◆ **THE TASK**:
Every entry, from the first line to the last, should be output exactly.

◆ **DATASET**:
────────

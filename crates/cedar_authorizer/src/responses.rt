//! Responses: what is answered to a request, also where parts of it are unknown. Users name them by `authorizer`; the
//! sheet, which an authorizer fills policy by policy, they don't need.
mod err;
pub mod laws;
mod partial_response;
mod response;
mod sheet;

pub use cedar_decisions::{Decision, ErrorHandling};
pub use err::AuthorizationError;
pub use partial_response::{ErrorState, PartialResponse, ReportedIds, ReportedPolicies};
pub use response::{Diagnostics, Response};
pub use sheet::{ConditionOutcome, Sheet};
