//! Reauthorization: what a partial response is taken further with, before its policies are decided again.
mod err;
mod policies;
mod request;

pub use err::{ConcretizationError, ReauthorizationError};
pub(crate) use policies::residual_policies;
pub(crate) use request::concretize_request;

────────

◆ **TASK ANSWER**:
filename crates/cedar_authorizer/src/responses.rt
//! Responses: what is answered to a request, also where parts of it are unknown. Users name them by `authorizer`; the
//! sheet, which an authorizer fills policy by policy, they don't need.
mod err;
pub mod laws;
mod partial_response;
mod response;
mod sheet;

pub use cedar_decisions::{Decision, ErrorHandling};
pub use err::AuthorizationError;
pub use partial_response::{ErrorState, PartialResponse, ReportedIds, ReportedPolicies};
pub use response::{Diagnostics, Response};
pub use sheet::{ConditionOutcome, Sheet};
//! Reauthorization: what a partial response is taken further with, before its policies are decided again.
mod err;
mod policies;
mod request;

pub use err::{ConcretizationError, ReauthorizationError};
pub(crate) use policies::residual_policies;
pub(crate) use request::concretize_request;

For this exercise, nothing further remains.